To find out how to use it, type: python bPTP.py
PTP.py Maximal likelihood search of the PTP model by heuristics,
it can also provide bootstrap support values of species
delimitation if given multiple phylogenetic trees derived
from bootstrap analysis.
To find out how to use it, type: python PTP.py
(2) Which operating system is required?
I wrote and tested all the python code under Ubuntu Linux. So everything
should run well under Linux if you follow the instructions below or
the output of the python programs. I did not have the time and chance
to test them under windows or mac yet, however, I think bPTP.py, PTP.py
and GMYC.py should be able to run on windows and mac if you have properly
installed the dependent python packages (see below). EPA_PTP.py was
designed to run with NGS data, which means the calculations might be
intense if you have say 10,000 reads. So ideally it should be run on a
multi-core Linux server such that it can speedup using the PTHREADS
version of RAxML. The biodiversity soup data in our paper, for example,
will need 24-48 hour to finish on our 8-core i7 server. If you encounter
any problems to run the program under Linux, simply drop me an e-mail.
(3) Install dependent python packages
Requires python3.6
pip3 install -r requirments.txt
python3 setup.py install
(4) Prepare input data
bPTP.py: accept phylogenetic trees in Newick format and NEXUS format.
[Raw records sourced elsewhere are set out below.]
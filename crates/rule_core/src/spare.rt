//! How often the games are played for which the table has no place: counts by slot, then home team, then away team,
//! which reach as far as the last slot that has such a game.
ghost use Rattle.std.specs.Prelude.{◌≡◌, ◌<◌, ◌≤◌, ◌+◌, ◌*◌, ℕ, length, slice_index_or, vec_capacity};
ghost use Rattle.std.specs.List.{All, sum_by};
ghost use Rattle.league.specs.Counts.{one_more};
ghost use Rattle.rule_core.specs.Spare.{spare_counts, spare_place};

use league::{Game, SlotId, TeamId};

/// How many counts a slot has: one for each home team and each away team.
pub(crate) const GAMES_IN_SLOT: usize = 1600;

/// Where a game is counted.
fn place_of(game: Game) -> usize
    ensures { result ≡ spare_place game.home.0 game.away.0 game.slot.0 }
{
    (game.slot.0 as usize * 40 + game.home.0 as usize) * 40 + game.away.0 as usize
}

/// How often a game is counted.
pub(crate) fn copies(spare: &Vec<u16>, game: Game) -> u32
    requires few { spare_counts spare.now.items game.home.0 game.away.0 game.slot.0 ≤ 10000 }
    requires home { game.home.0 < 40 }
    requires away { game.away.0 < 40 }
    ensures count { result ≡ spare_counts spare.now.items game.home.0 game.away.0 game.slot.0 }
    ensures at_most { result ≤ 10000 }
{
    let place = place_of(game);
    if place < spare.len() {
        u32::from(spare[place])
    } else {
        0
    }
}

/// How often a team is counted at home to one of some others, in a slot.
#[cold]
#[inline(never)]
pub(crate) fn copies_at_home(spare: &Vec<u16>, team: TeamId, others: &[u16], slot: SlotId) -> u32
    requires few { (j : ℕ) → spare_counts spare.now.items team.0 j slot.0 ≤ 10000 }
    requires team { team.0 < 40 }
    requires others { All (λ j. j < 40) others.now }
    requires few_others { length others.now ≤ 78 }
    ensures games { result ≡ sum_by (λ j. spare_counts spare.now.items team.0 j slot.0) others.now }
    ensures at_most { result ≤ 780000 }
{
    let mut games: u32 = 0;
    for other in others {
        let game = Game {
            home: team,
            away: TeamId(*other),
            slot,
        };
        games += copies(spare, game);
    }
    games
}

/// How often a team is counted away at one of some others, in a slot.
#[cold]
#[inline(never)]
pub(crate) fn copies_away(spare: &Vec<u16>, team: TeamId, others: &[u16], slot: SlotId) -> u32
    requires few { (j : ℕ) → spare_counts spare.now.items j team.0 slot.0 ≤ 10000 }
    requires team { team.0 < 40 }
    requires others { All (λ j. j < 40) others.now }
    requires few_others { length others.now ≤ 78 }
    ensures games { result ≡ sum_by (λ j. spare_counts spare.now.items j team.0 slot.0) others.now }
    ensures at_most { result ≤ 780000 }
{
    let mut games: u32 = 0;
    for other in others {
        let game = Game {
            home: TeamId(*other),
            away: team,
            slot,
        };
        games += copies(spare, game);
    }
    games
}

/// Counts a game once more. It takes no memory.
pub(crate) fn add_copy(spare: &mut Vec<u16>, game: Game)
    requires home { game.home.0 < 40 }
    requires away { game.away.0 < 40 }
    requires few { (i j s : ℕ) → spare_counts spare.old.items i j s ≤ 10000 }
    requires room { (game.slot.0 + 1) * 1600 ≤ vec_capacity spare.old }
    ensures counts { (i j s : ℕ) → spare_counts spare.new.items i j s
        ≡ one_more (spare_counts spare.old.items) game i j s }
    ensures short { (slots : ℕ) → game.slot.0 < slots → length spare.old.items ≤ slots * 1600
        → length spare.new.items ≤ slots * 1600 }
    ensures room { vec_capacity spare.old ≤ vec_capacity spare.new }
{
    reach(spare, (game.slot.0 as usize + 1) * GAMES_IN_SLOT);
    spare[place_of(game)] += 1;
}

/// Makes the list at least so long, with zeros at its end. It takes no memory.
fn reach(spare: &mut Vec<u16>, end: usize)
    requires room { end ≤ vec_capacity spare.old }
    ensures same { (k : ℕ) → slice_index_or spare.new.items k 0 ≡ slice_index_or spare.old.items k 0 }
    ensures reached { end ≤ length spare.new.items }
    ensures short { (k : ℕ) → length spare.old.items ≤ k → end ≤ k → length spare.new.items ≤ k }
    ensures room { vec_capacity spare.old ≤ vec_capacity spare.new }
{
    'zeros: for _place in spare.len()..end {
        spare.push_reserved(0);
    }
}

/// Counts a game once less.
pub(crate) fn take_copy(spare: &mut Vec<u16>, game: Game)
    requires home { game.home.0 < 40 }
    requires away { game.away.0 < 40 }
    requires there { 0 < spare_counts spare.old.items game.home.0 game.away.0 game.slot.0 }
    ensures counts { (i j s : ℕ) → spare_counts spare.old.items i j s
        ≡ one_more (spare_counts spare.new.items) game i j s }
    ensures short { length spare.new.items ≡ length spare.old.items }
    ensures room { vec_capacity spare.old ≤ vec_capacity spare.new }
{
    spare[place_of(game)] -= 1;
}
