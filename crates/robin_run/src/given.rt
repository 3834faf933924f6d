//! What a command gives.
ghost use Rattle.std.specs.Prelude.{◌≡◌};
ghost use Rattle.robin_run.specs.Givens.{IsGiven};

use answers::{NoValue, Reply};
use command_rows::ReadyRows;

/// What a command gives: an answer, or rows that are ready to be written.
#[derive(Drop)]
pub(crate) enum Given {
    Answer(Reply),
    Rows(ReadyRows),
}

/// Gives a reply as it is.
pub(crate) fn give(reply: Result<Reply, NoValue>) -> Result<Given, NoValue>
    ensures { IsGiven reply result }
{
    match reply {
        Ok(reply) => Ok(Given::Answer(reply)),
        Err(why) => Err(why),
    }
}
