//! A list of teams or slots in which a number is found by one look-up.
ghost use Rattle.std.specs.Prelude.{◌≡◌, ◌≢◌, ◌<◌, ◌≤◌, ◌+◌, ◌==◌, ◌||◌, length, slice_index, IsTrue, IfOk};
ghost use Rattle.std.specs.List.{All};
ghost use Rattle.std.specs.Ordering.{nat_cmp};
ghost use Rattle.league.specs.Instance.{are_slots, are_teams};
ghost use Rattle.league.specs.Sets.{IsAscending, is_in};
ghost use Rattle.rule_core.specs.Keys.{keys_where, with_keys};
ghost use Rattle.rule_core.specs.Listed.{IsKeyOf};

use crate::key_places::Places;
use crate::keys::Keys;
use league::{SlotSet, TeamSet};
use std::alloc::{AllocError, Global};
use std::marker::Model;

/// An ascending list of teams or slots, with the place of each. A number's key is its place, counted from 0.
///
/// A contract sees it as the list.
#[derive(Drop)]
pub struct Listed {
    numbers: Vec<u16>,
    places: Places,
}

impl Model for Listed {
    ghost use Rattle.std.specs.Prelude.{ℕ, List};
    ghost use Rattle.rule_core.specs.KeyPlaces.{AreListed};

    ghost Value = { List ℕ };

    ghost view = { λ l. l.numbers.items };

    ghost invariant = { λ l. AreListed l.numbers.items l.places };
}

impl Listed {
    /// Some teams of a league of n teams.
    ///
    /// # Errors
    /// Only where memory runs out.
    pub fn of_teams(alloc: Global, n: u16, teams: &TeamSet) -> Result<Listed, AllocError>
        requires at_most { n ≤ 40 }
        requires teams { IsTrue (are_teams n teams.now) }
        ensures { IfOk result (λ listed. listed ≡ teams.now) }
    {
        Listed::of(alloc, teams.numbers())
    }

    /// Some slots of the season of n teams.
    ///
    /// # Errors
    /// Only where memory runs out.
    pub fn of_slots(alloc: Global, n: u16, slots: &SlotSet) -> Result<Listed, AllocError>
        requires at_most { n ≤ 40 }
        requires slots { IsTrue (are_slots n slots.now) }
        ensures { IfOk result (λ listed. listed ≡ slots.now) }
    {
        Listed::of(alloc, slots.numbers())
    }

    /// A list of these numbers.
    pub(crate) fn of(alloc: Global, numbers: &[u16]) -> Result<Listed, AllocError>
        requires ascending { IsAscending nat_cmp numbers.now }
        requires below { All (λ x. x < 78) numbers.now }
        ensures { IfOk result (λ listed. listed ≡ numbers.now) }
    {
        Ok(Listed {
            numbers: Vec::from_slice(alloc, numbers)?,
            places: Places::of(numbers),
        })
    }

    /// The numbers, in ascending order.
    pub fn numbers(&self) -> &[u16]
        ensures numbers { result.now ≡ self.now }
        ensures few { length self.now ≤ 78 }
        ensures ascending { IsAscending nat_cmp self.now }
    {
        &self.numbers
    }

    /// How many there are. Their keys are the numbers below it.
    pub fn len(&self) -> usize
        ensures { result ≡ length self.now }
    {
        self.numbers.len()
    }

    /// The number of a key.
    pub fn get(&self, key: usize) -> u16
        requires { key < length self.now }
        ensures { result ≡ slice_index self.now key }
    {
        self.numbers[key]
    }

    /// The key of a number, if it is one of these. It is one look-up.
    pub(crate) fn key(&self, number: u16) -> Option<usize>
        ensures key { IsKeyOf self.now number result }
        ensures ascending { IsAscending nat_cmp self.now }
    {
        self.places.place(number)
    }

    /// Whether a number is one of these. It is one look-up.
    pub fn has(&self, number: u16) -> bool
        ensures { result ≡ is_in number self.now }
    {
        self.key(number).is_some()
    }

    /// Adds the key of a number, where it is one of these. It takes no memory.
    pub fn push_key(&self, number: u16, keys: &mut Keys)
        requires { length keys.old.list + 1 ≤ keys.old.room }
        ensures { keys.new ≡ with_keys keys.old (keys_where (λ x. x == number) self.now) }
    {
        keys.push_some(self.key(number));
    }

    /// Adds the keys of two different numbers, as far as they are of these, in ascending order. It takes no memory.
    pub fn push_keys(&self, one: u16, other: u16, keys: &mut Keys)
        requires differ { one ≢ other }
        requires spare { length keys.old.list + 2 ≤ keys.old.room }
        ensures { keys.new ≡ with_keys keys.old (keys_where (λ x. (x == one) || (x == other)) self.now) }
    {
        keys.push_some(self.key(one.min(other)));
        keys.push_some(self.key(one.max(other)));
    }
}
The trees should NOT be annotated, if bPTP.py can not parse
your tree, you can try to use FigTree to convert the tree
format. If you input NEXUS format, your trees will be automatically
detranslated if possible. However, if taxon are named using
only numbers, this step is will cause errors and you should
rename your taxa.
If a single tree is used as input, this should ideally be a
maximal likelihood tree inferred by, for example RAxML or
PhlML. Alternatively, this single tree can also be the consensus
tree from Bayesian or bootstrap phylogenetic analysis.
If multiple trees are used, those trees should come from
Bayesian phylogenetic analysis programs such as MrBayes.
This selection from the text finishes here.